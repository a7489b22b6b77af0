//! Of data addresses of one part, one with which a hop ends no earlier than with the others.

ghost use Rattle.std.specs.Prelude.{◌≡◌, ℕ, ◌+◌, ◌%◌, ◌<◌, ◌≤◌, false, IfSome};
ghost use Rattle.machine_steps.specs.Effect as machine;
ghost use Rattle.machine_steps.specs.Ways.{to};
ghost use Rattle.machine_steps.specs.WaysLeft.{seen_way};

use crate::found::Found;
use base_notes::Pattern;
use base_words::{Location, Op, Shift};
use machine_rotation::Clockwork;
use machine_steps::Way;
use machine_steps::chain::to_ready;

/// How many angles the drum has.
pub const ANGLES: u16 = 50;

/// The angle of data addresses that a shift goes farthest with.
fn farthest_angle(shift: Shift) -> u64
    ensures on_drum { result < 50 }
    ensures far { (d other : ℕ) → d % 50 ≡ result
        → machine.places shift other ≤ machine.places shift d }
{
    match shift {
        Shift::Right | Shift::Left => 9,
        Shift::Round => 0,
    }
}

/// Whether a hop that ends by this way goes on beside the drum.
fn goes_beside(way: Way) -> bool
    ensures { result ≡ false → (next : ℕ) → seen_way way ≡ to next → next < 2000 }
{
    match way {
        Way::To(next) => next.number >= Location::DRUM,
        Way::Early | Way::Late => false,
    }
}

impl Found<'_> {
    ghost use Rattle.ceiling_rows.specs.Slowest.{is_ready, AreOfOnePart, IsSlowest, IsSlowestAngle};

    /// The angle of data addresses that the operation takes longest with: of a shift one that it
    /// goes farthest with, of another the one that has just gone by when the instruction is ready.
    fn slowest_angle(&self, op: Op) -> u64
        ensures on_drum { result < 50 }
        ensures slowest { IsSlowestAngle op (is_ready self.now op) result }
    {
        match op {
            Op::Shift(shift) => farthest_angle(shift),
            _ => (to_ready(self.times.entry(op), self.location).go(self.angle) + 49) % 50,
        }
    }

    /// One of a pattern's data addresses from `start` to `end`, which are of one part, with which a
    /// hop by this way ends no earlier than with the others. `None` where they are less than a
    /// revolution, or the hop goes on beside the drum, where each angle counts.
    pub fn slowest(&self, pattern: Pattern, way: Way, start: u16, end: u16) -> Option<u16>
        requires some { start ≤ pattern.d_to }
        requires within { end ≤ pattern.d_to + 1 }
        requires part { AreOfOnePart start end }
        ensures { IfSome result (λ d. IsSlowest self.now pattern (seen_way way) start end d) }
    {
        if end < start + ANGLES || goes_beside(way) {
            return None;
        }
        let angle = self.slowest_angle(Op::of(pattern.op)?) as u16;
        Some(start + (angle + ANGLES - start % ANGLES) % ANGLES)
    }
}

•••

* [EXERCISE DETAILS]: Lines that contain the word "false": how many are there in the data? Give the number and nothing else.

* [RESPONSE BOX]: 3